Saved data entries
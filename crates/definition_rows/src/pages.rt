//! Runs of pages: which free run is taken, and what taking and giving back leave.

ghost use Rattle.std.specs.Prelude.{◌≡◌, [], ◌∷◌, Some, None};
ghost use Rattle.size_classes.specs.Pages.{free_runs, taken_at, given_at, run_at, run_start};
ghost use Rattle.size_classes.specs.Spans.{taken_from, given_back, IsOut};
ghost use Rattle.definition_rows.specs.PagePlays.{free, used, three_in_use, two_given_back, chosen_for};

/// Three runs of five pages of a chunk of sixteen, of which the first two are then given back.
pub fn runs_of_five()
    ensures first { chosen_for 5 (free 16 ∷ []) ≡ Some (0, 16) }
    ensures three { taken_at 10 5 2 (taken_at 5 5 1 (taken_at 0 5 0 (free 16 ∷ [])))
        ≡ three_in_use }
    ensures none { chosen_for 4 three_in_use ≡ None }
    ensures merged { given_at 5 (given_at 0 three_in_use) ≡ two_given_back }
    ensures again { chosen_for 10 two_given_back ≡ Some (0, 10) }
{}

/// Of the free runs that hold the pages, those under the least page class serve, and of these the
/// lowest.
pub fn run_that_is_taken()
    ensures least_class { chosen_for 1 two_given_back ≡ Some (15, 1) }
    ensures lowest { chosen_for 2 (free 3 ∷ used 1 0 ∷ free 3 ∷ used 1 1 ∷ []) ≡ Some (0, 3) }
    ensures not_the_lowest { chosen_for 2 (free 4 ∷ used 1 0 ∷ free 3 ∷ used 1 1 ∷ [])
        ≡ Some (5, 3) }
    // nine pages stand under the class of eight, as eight do
    ensures same_class { chosen_for 5 (free 9 ∷ used 1 0 ∷ free 8 ∷ []) ≡ Some (0, 9) }
    ensures class_below { chosen_for 5 (free 10 ∷ used 1 0 ∷ free 9 ∷ []) ≡ Some (11, 9) }
    ensures too_few { chosen_for 6 (free 5 ∷ used 1 0 ∷ free 5 ∷ []) ≡ None }
{}

/// A run that is given back is merged with the free runs directly before and after it.
pub fn merging()
    ensures neither { given_at 1 (used 1 0 ∷ used 2 1 ∷ used 3 2 ∷ [])
        ≡ used 1 0 ∷ free 2 ∷ used 3 2 ∷ [] }
    ensures before { given_at 1 (free 1 ∷ used 2 1 ∷ used 3 2 ∷ []) ≡ free 3 ∷ used 3 2 ∷ [] }
    ensures after { given_at 1 (used 1 0 ∷ used 2 1 ∷ free 3 ∷ []) ≡ used 1 0 ∷ free 5 ∷ [] }
    ensures both { given_at 1 (free 1 ∷ used 2 1 ∷ free 3 ∷ []) ≡ free 6 ∷ [] }
    ensures no_further { given_at 3 (free 1 ∷ used 2 1 ∷ used 1 2 ∷ free 3 ∷ [])
        ≡ free 1 ∷ used 2 1 ∷ free 4 ∷ [] }
{}

/// The front of a free run is taken, and the rest stays free.
pub fn front_of_a_run()
    ensures rest { taken_at 1 2 7 (used 1 0 ∷ free 5 ∷ []) ≡ used 1 0 ∷ used 2 7 ∷ free 3 ∷ [] }
    ensures no_rest { taken_at 1 5 7 (used 1 0 ∷ free 5 ∷ []) ≡ used 1 0 ∷ used 5 7 ∷ [] }
    ensures at { run_at 1 (used 1 0 ∷ free 5 ∷ []) ≡ Some (free 5) }
    ensures not_at { run_at 2 (used 1 0 ∷ free 5 ∷ []) ≡ None }
    ensures start { run_start 4 (used 1 0 ∷ free 5 ∷ used 2 1 ∷ []) ≡ 1 }
{}

/// The same of the free runs alone.
pub fn free_runs_alone()
    ensures of_a_chunk { free_runs 0 two_given_back ≡ (0, 10) ∷ (15, 1) ∷ [] }
    ensures rest { taken_from 0 4 ((0, 10) ∷ (15, 1) ∷ []) ≡ (4, 6) ∷ (15, 1) ∷ [] }
    ensures no_rest { taken_from 15 1 ((0, 10) ∷ (15, 1) ∷ []) ≡ (0, 10) ∷ [] }
    ensures before { given_back (10, 2) ((0, 10) ∷ (15, 1) ∷ []) ≡ (0, 12) ∷ (15, 1) ∷ [] }
    ensures after { given_back (12, 3) ((0, 10) ∷ (15, 1) ∷ []) ≡ (0, 10) ∷ (12, 4) ∷ [] }
    ensures both { given_back (10, 5) ((0, 10) ∷ (15, 1) ∷ []) ≡ (0, 16) ∷ [] }
    ensures neither { given_back (11, 2) ((0, 10) ∷ (15, 1) ∷ [])
        ≡ (0, 10) ∷ (11, 2) ∷ (15, 1) ∷ [] }
    ensures out { IsOut 16 ((0, 10) ∷ (15, 1) ∷ []) (10, 5) }
    ensures partly_free { ¬ IsOut 16 ((0, 10) ∷ (15, 1) ∷ []) (9, 2) }
    ensures past_the_chunk { ¬ IsOut 16 ((0, 10) ∷ []) (15, 2) }
    ensures no_pages { ¬ IsOut 16 ((0, 10) ∷ (15, 1) ∷ []) (12, 0) }
{}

- _Action item_:
Find the line containing "given_back (12, 3)", then output it and every line after it to the end of the data, exactly.

- _Task answer_:
    ensures after { given_back (12, 3) ((0, 10) ∷ (15, 1) ∷ []) ≡ (0, 10) ∷ (12, 4) ∷ [] }
    ensures both { given_back (10, 5) ((0, 10) ∷ (15, 1) ∷ []) ≡ (0, 16) ∷ [] }
    ensures neither { given_back (11, 2) ((0, 10) ∷ (15, 1) ∷ [])
        ≡ (0, 10) ∷ (11, 2) ∷ (15, 1) ∷ [] }
    ensures out { IsOut 16 ((0, 10) ∷ (15, 1) ∷ []) (10, 5) }
    ensures partly_free { ¬ IsOut 16 ((0, 10) ∷ (15, 1) ∷ []) (9, 2) }
    ensures past_the_chunk { ¬ IsOut 16 ((0, 10) ∷ []) (15, 2) }
    ensures no_pages { ¬ IsOut 16 ((0, 10) ∷ (15, 1) ∷ []) (12, 0) }
{}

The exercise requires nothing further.